What is truly perplexing is the contrast Krugman noted in the first paragraph I've excerpted here. Bush knew how to make his base feel like he was one of them and did so in a way that didn't necessarily alienate the middle.
Obama did that when he was running, but once elected, from the time he made his first staff appointment, Rahm Emanuel, proceeded to appoint almost exclusively corporate DLCers to his cabinet, and worse, some of the Wall St. architects of deregulation that led to the implosion of our economy, tp letting the likes of Max Baucus shape the health care reform bill and publicly praising Joe Lieberman for killing the public option, he did everything to make progressives feel like suckers and outsiders he could.
The only legitimate explanation I can think of for this is he knows the very wealthy can kill his presidency with their toadies in Congress (including many Democrats as well as all Republicans), with the media, and failing either of those, literally, if they feel threatened by him. So rather than reassure us, he reassures them and makes changes around the edges that puts some salve on the wounds the wealthy inflict.
What I think of is the contrast between how Obama operates and how Bush operated.
Bush and his handlers were masters of dog-whistle politics — of conveying to their base, in ways that went under the radar of mainstream media, the message that he was really one of them.> The vaguely Biblical language about evildoers, for example, struck most mainstream commentators as being slightly odd, but never mind; what it conveyed to the religious right, however, was the message that Bush was a dominionist at heart.

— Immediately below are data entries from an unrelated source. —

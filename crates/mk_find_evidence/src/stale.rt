//! Evidence of a stale read.

ghost use Rattle.std.specs.Prelude.{◌≡◌, ◌<◌, ◌↔◌, [], ℕ, length, map, IfOk, IfSome, MatchBool, MatchOption, OnOk};
ghost use Rattle.mk_graph.specs.Membership.{Has};
ghost use Rattle.mk_graph.specs.Serial.{serial_order};
ghost use Rattle.mk_build.specs.Stale.{Chain};
ghost use Rattle.mk_world.specs.NamedStep.{step_view};
ghost use Rattle.mk_world.specs.Steps.{IsFirstOf};
ghost use Rattle.mk_find.specs.Candidates.{static_candidates};
ghost use Rattle.mk_find.specs.Conditions.{IsStale};
ghost use Rattle.mk_find.specs.Listing.{Lists};
ghost use Rattle.mk_subject.specs.Subject.{footprints};
ghost use Rattle.mk_find_evidence.specs.Makes.{GoesOnEditing, GoesOnMakingGoals, HasNoMake, MayEdit, MayMakeGoals};
ghost use Rattle.mk_find_evidence.specs.Numbers.{HaveSmallNumbers};
ghost use Rattle.mk_find_evidence.specs.Shown.{HasStamps, ShowsStaleRead};

use crate::bound::has_stamps;
use crate::history::History;
use crate::making::make_but;
use mk_build::build_laws::{first_is_a_start, stale_is_shown};
use mk_find::finding_laws::nothing_found_is_sound;
use mk_graph::laws::{order_of_all_goals, serial_reaches_each_once};
use mk_graph::{Graph, NodeSet};
use mk_graph_search::Search;
use mk_graph_search::laws::{none_by_places, one_way_at_a_place, places_are_below};
use mk_subject::laws::carried_exactly;
use mk_subject::{Subject, carried_lists};
use mk_world::Step;
use std::alloc::{AllocError, Global};

/// The node `t` and all recipes that it carries, directly or over others.
fn carried_closure(alloc: Global, subject: &Subject<'_>, t: usize) -> Result<NodeSet, AllocError>
    requires { t < length subject.now.graph.nodes }
    ensures { IfOk result (λ set. (n : ℕ) →
        Has set n ↔ Chain subject.now.graph (footprints subject.now.setting) t n) }
{
    carried_exactly();
    none_by_places();
    one_way_at_a_place();
    places_are_below();
    let _graph = subject.graph();
    let rows = carried_lists(alloc, subject)?;
    let mut search = Search::new(alloc, &rows, t)?;
    let mut set = NodeSet::new();
    let mut place = 0;
    while let Some(number) = search.visit(place)? {
        set.insert(number);
        place += 1;
    }
    Ok(set)
}

/// Makes all goals with one job, from the start of the make to its end. Recipes are run as a whole,
/// except those in `passed`.
fn make_all(
    graph: &Graph,
    history: &mut History<'_>,
    order: &[usize],
    passed: &NodeSet,
) -> Result<(), AllocError>
    requires graph { graph.now ≡ history.old.world.scene.graph }
    requires order { order.now ≡ serial_order graph.now }
    requires idle { HasNoMake history.old }
    requires legal { MayMakeGoals history.old passed.now }
    ensures { OnOk result (GoesOnMakingGoals history.old history.new passed.now) }
{
    serial_reaches_each_once();
    order_of_all_goals();
    let _goals = graph.goals();
    history.start()?;
    make_but(graph, history, order, passed)?;
    history.end_make()
}

/// Edits the file if it is editable.
fn edit_if_editable<'a>(
    subject: &Subject<'_>,
    history: &mut History<'a>,
    file: &'a str,
) -> Result<(), AllocError>
    requires scene { history.old.world.scene ≡
        record { graph = subject.now.graph; recorded = subject.now.setting } }
    requires idle { HasNoMake history.old }
    requires legal { MayEdit history.old file.now }
    ensures { OnOk result (GoesOnEditing history.old history.new file.entry.now) }
{
    if subject.setting().is_editable(file) {
        history.edit(file)?;
    }
    Ok(())
}

/// Makes all goals, edits the file if it is editable, and makes all goals again with the nodes in
/// `passed` passed. Returns whether there are enough stamps; if not, it takes no step.
fn make_edit_make<'a>(
    subject: &Subject<'_>,
    history: &mut History<'a>,
    t: usize,
    file: &'a str,
    passed: &NodeSet,
) -> Result<bool, AllocError>
    requires nothing { Lists subject.now (static_candidates subject.now) [] }
    requires stale { IsStale subject.now t file.now }
    requires first { IsFirstOf subject.now.graph subject.now.setting history.old.world }
    requires steps { history.old.steps ≡ [] }
    requires passed { (n : ℕ) → Has passed.now n ↔
        Chain subject.now.graph (footprints subject.now.setting) t n }
    ensures { IfOk result (λ enough. MatchBool enough
        (ShowsStaleRead subject.now t file.entry.now history.new.steps)
        (¬ (HasStamps subject.now))) }
{
    first_is_a_start();
    nothing_found_is_sound();
    order_of_all_goals();
    stale_is_shown();
    let graph = subject.graph();
    if !has_stamps(subject, history.clock()) {
        return Ok(false);
    }
    let order = graph.serial()?;
    make_all(graph, history, &order, &NodeSet::new())?;
    edit_if_editable(subject, history, file)?;
    make_all(graph, history, &order, passed)?;
    Ok(true)
}

/// A make of all goals with one job, an edit of the file if it is editable, and the same make
/// again, in which `t` and all recipes that it carries, directly or over others, are passed; `None`
/// if there are too few stamps. The only error is out of memory.
pub fn stale<'a>(
    alloc: Global,
    subject: &'a Subject<'_>,
    t: usize,
    file: &'a str,
) -> Result<Option<Vec<Step<'a>>>, AllocError>
    requires node { t < length subject.now.graph.nodes }
    requires nothing { Lists subject.now (static_candidates subject.now) [] }
    requires stale { IsStale subject.now t file.now }
    ensures shown { IfOk result (λ found. MatchOption found (¬ (HasStamps subject.entry.now))
        (λ steps. ShowsStaleRead subject.entry.now t file.entry.now
        (map step_view steps.items))) }
    ensures numbers { IfOk result (λ found. IfSome found
        (λ steps. HaveSmallNumbers (map step_view steps.items))) }
{
    let passed = carried_closure(alloc, subject, t)?;
    let mut history = History::new(alloc, subject.graph(), subject.setting())?;
    let enough = make_edit_make(subject, &mut history, t, file, &passed);
    let steps = history.into_steps();
    if enough? { Ok(Some(steps)) } else { Ok(None) }
}
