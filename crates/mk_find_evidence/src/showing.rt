//! Evidence of a finding.

ghost use Rattle.std.specs.Prelude.{◌≡◌, ℕ, map, IfOk, IfSome, MatchOption};
ghost use Rattle.mk_build.specs.Setting.{IsNumberOf};
ghost use Rattle.mk_world.specs.NamedStep.{step_view};
ghost use Rattle.mk_find_evidence.specs.Numbers.{HaveSmallNumbers};
ghost use Rattle.mk_find_evidence.specs.Shown.{IsNotShown, IsReported, Shows};

use crate::race::race;
use crate::stale::stale;
use mk_build::build_laws::names_have_one_number;
use mk_find::Finding;
use mk_find::finding_laws::listed_exactly;
use mk_graph::Graph;
use mk_subject::{SharedName, Subject};
use mk_world::Step;
use std::alloc::{AllocError, Global};

/// The number of the node with this name.
fn number_of(graph: &Graph, name: &SharedName) -> Option<usize>
    ensures { MatchOption result ((n : ℕ) → ¬ (IsNumberOf graph.now name.now n))
        (λ number. IsNumberOf graph.now name.now number) }
{
    graph
        .nodes()
        .iter()
        .position(|node| node.name.as_str() == name.as_str())
}

/// A legal schedule that shows the finding if it is a race or a stale read; `None` for any other
/// finding.
///
/// For a race it is a make with one job whose last step begins the recipe while the writer isn't
/// done. For a stale read it is a make of all goals with one job, an edit of the file if it is
/// editable, and the same make again, in which the recipe and all recipes that it carries, directly
/// or over others, are passed; at its end the file is newer than each file that the recipe writes.
///
/// It is also `None` if the given files, two writings of each file that a recipe writes, and an
/// edit would need more than 18,446,744,073,709,551,615 stamps. The only error is out of memory.
pub fn evidence<'a>(
    alloc: Global,
    subject: &'a Subject<'_>,
    finding: &'a Finding,
) -> Result<Option<Vec<Step<'a>>>, AllocError>
    requires { IsReported subject.now finding.now }
    ensures shown { IfOk result (λ found. MatchOption found
        (IsNotShown subject.entry.now finding.entry.now)
        (λ steps. Shows subject.entry.now finding.entry.now (map step_view steps.items))) }
    ensures numbers { IfOk result (λ found. IfSome found
        (λ steps. HaveSmallNumbers (map step_view steps.items))) }
{
    listed_exactly();
    names_have_one_number();
    let graph = subject.graph();
    match finding {
        Finding::Race { recipe, writer, .. } => {
            let Some(o) = number_of(graph, writer) else {
                return Ok(None);
            };
            let Some(t) = number_of(graph, recipe) else {
                return Ok(None);
            };
            race(alloc, subject, o, t)
        }
        Finding::Stale { recipe, file } => {
            let Some(t) = number_of(graph, recipe) else {
                return Ok(None);
            };
            stale(alloc, subject, t, file.as_str())
        }
        _ => Ok(None),
    }
}
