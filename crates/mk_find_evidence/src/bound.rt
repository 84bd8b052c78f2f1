//! Whether there are enough stamps for an evidence.

ghost use Rattle.std.specs.Prelude.{◌≡◌, ◌+◌, ◌*◌, ◌≤◌, ◌↔◌, true};
ghost use Rattle.mk_graph.specs.Serial.{serial_order};
ghost use Rattle.mk_build.specs.Setting.{writings};
ghost use Rattle.mk_build.specs.World.{last_stamp};
ghost use Rattle.mk_subject.specs.Subject.{footprints};

use mk_subject::Subject;

/// How many files the recipes write; a file counts once for each recipe that writes it.
fn writings(subject: &Subject<'_>) -> u128
    ensures { result ≡ writings subject.now.graph (footprints subject.now.setting)
        (serial_order subject.now.graph) }
{
    let mut writings: u128 = 0;
    for entry in subject.entries() {
        writings += entry.writes().len() as u128;
    }
    writings
}

/// Whether enough stamps are left, after those of the `given` files, for two writings of each file
/// that a recipe writes and one edit.
pub fn has_stamps(subject: &Subject<'_>, given: u64) -> bool
    ensures { (result ≡ true) ↔ (given + (2 * writings subject.now.graph
        (footprints subject.now.setting) (serial_order subject.now.graph) + 1) ≤ last_stamp) }
{
    let left = (u64::MAX - given) as u128;
    writings(subject) < (left + 1) / 2
}
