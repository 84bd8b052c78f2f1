//! Evidence: schedules that show a race or a stale read.
#![tactic(auto)]

mod bound;
mod history;
pub mod laws;
mod making;
pub mod plan_laws;
mod race;
mod showing;
mod stale;

pub use showing::evidence;
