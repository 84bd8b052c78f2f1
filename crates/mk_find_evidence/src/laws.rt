//! Laws about evidence. Each function exists for its contract alone: a caller has the law as a
//! fact.

ghost use Rattle.mk_find_evidence.specs.Laws.{ReportedIsShown};

use mk_build::build_laws::{
    first_is_a_start, not_before_is_shown, schedules_run, stale_history_exists, stale_is_shown,
};
use mk_find::finding_laws::{listed_exactly, nothing_found_is_sound};
use mk_graph::laws::{order_of_all_goals, serial_reaches_each_once};
use mk_graph::schedule_laws::can_start_stays;

/// If there are enough stamps, each race and each stale read among the findings can be shown from
/// the first disk.
pub fn reported_is_shown()
    ensures { ReportedIsShown }
{
    listed_exactly();
    nothing_found_is_sound();
    first_is_a_start();
    not_before_is_shown();
    schedules_run();
    can_start_stays();
    serial_reaches_each_once();
    stale_history_exists();
    stale_is_shown();
    order_of_all_goals();
}
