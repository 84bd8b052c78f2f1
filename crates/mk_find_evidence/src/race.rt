//! Evidence of a race.

ghost use Rattle.std.specs.Prelude.{◌≡◌, ◌<◌, [], length, map, true, IfOk, IfSome, MatchBool, MatchOption};
ghost use Rattle.mk_graph.specs.Graph.{node};
ghost use Rattle.mk_graph.specs.Schedules.{Before};
ghost use Rattle.mk_world.specs.NamedStep.{step_view};
ghost use Rattle.mk_world.specs.Steps.{IsFirstOf};
ghost use Rattle.mk_find_evidence.specs.Numbers.{HaveSmallNumbers};
ghost use Rattle.mk_find_evidence.specs.Shown.{HasStamps, ShowsRace};

use crate::bound::has_stamps;
use crate::history::History;
use crate::making::make_but;
use mk_build::build_laws::{first_is_a_start, schedules_run};
use mk_graph::laws::serial_reaches_each_once;
use mk_graph::{NodeSet, schedule_without};
use mk_subject::Subject;
use mk_world::Step;
use std::alloc::{AllocError, Global};

/// Starts a make of all goals with one job, runs nodes other than `o` until `t` is ready, and
/// begins the recipe of `t`. Returns whether there are enough stamps; if not, it takes no step.
fn make_until_begin(
    alloc: Global,
    subject: &Subject<'_>,
    history: &mut History<'_>,
    o: usize,
    t: usize,
) -> Result<bool, AllocError>
    requires node { t < length subject.now.graph.nodes }
    requires recipe { (node subject.now.graph t).recipe ≡ true }
    requires not_before { ¬ (Before subject.now.graph o t) }
    requires first { IsFirstOf subject.now.graph subject.now.setting history.old.world }
    requires steps { history.old.steps ≡ [] }
    ensures { IfOk result (λ enough. MatchBool enough
        (ShowsRace subject.now o t history.new.steps) (¬ (HasStamps subject.now))) }
{
    first_is_a_start();
    serial_reaches_each_once();
    schedules_run();
    let graph = subject.graph();
    if !has_stamps(subject, history.clock()) {
        return Ok(false);
    }
    let Some(turns) = schedule_without(alloc, graph, o, t)? else {
        return Ok(false);
    };
    history.start()?;
    make_but(graph, history, &turns, &NodeSet::new())?;
    history.begin(t)?;
    Ok(true)
}

/// A make with one job that begins the recipe of `t` while `o` isn't done; `None` if there are too
/// few stamps. The only error is out of memory.
pub fn race<'a>(
    alloc: Global,
    subject: &'a Subject<'_>,
    o: usize,
    t: usize,
) -> Result<Option<Vec<Step<'a>>>, AllocError>
    requires node { t < length subject.now.graph.nodes }
    requires recipe { (node subject.now.graph t).recipe ≡ true }
    requires not_before { ¬ (Before subject.now.graph o t) }
    ensures shown { IfOk result (λ found. MatchOption found (¬ (HasStamps subject.entry.now))
        (λ steps. ShowsRace subject.entry.now o t (map step_view steps.items))) }
    ensures numbers { IfOk result (λ found. IfSome found
        (λ steps. HaveSmallNumbers (map step_view steps.items))) }
{
    let mut history = History::new(alloc, subject.graph(), subject.setting())?;
    let enough = make_until_begin(alloc, subject, &mut history, o, t);
    let steps = history.into_steps();
    if enough? { Ok(Some(steps)) } else { Ok(None) }
}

Obama, however, seems to go out of his way to convey the message that although he rode to office on a wave of progressive enthusiasm, he and his people don’t respect the people who got him where he is. There are the gratuitous jabs at the “professional left”, the “both sides are wrong” rhetoric even as the right goes all out to destroy him, and stuff like Lew’s testimony. I mean, how hard would it be to have a little message discipline here?
In fact, it often seems to me that there’s an almost compulsive aspect to the administration’s anti-dog whistling. Maybe it comes from hanging out with the political and business establishment, which leads to a desire to seem respectable by dissing the DFHs. But memo to the president: Wall Street will hate you anyway. All you’re doing is undermining the enthusiasm of people you need.
Just to be clear: I’m not saying that it would be right or justified for progressives to take their ball and go home. Obama has brought real change — above all, health reform, imperfect as it is (and if it survives). But yelling at the base won’t get them up and going; a little respect might.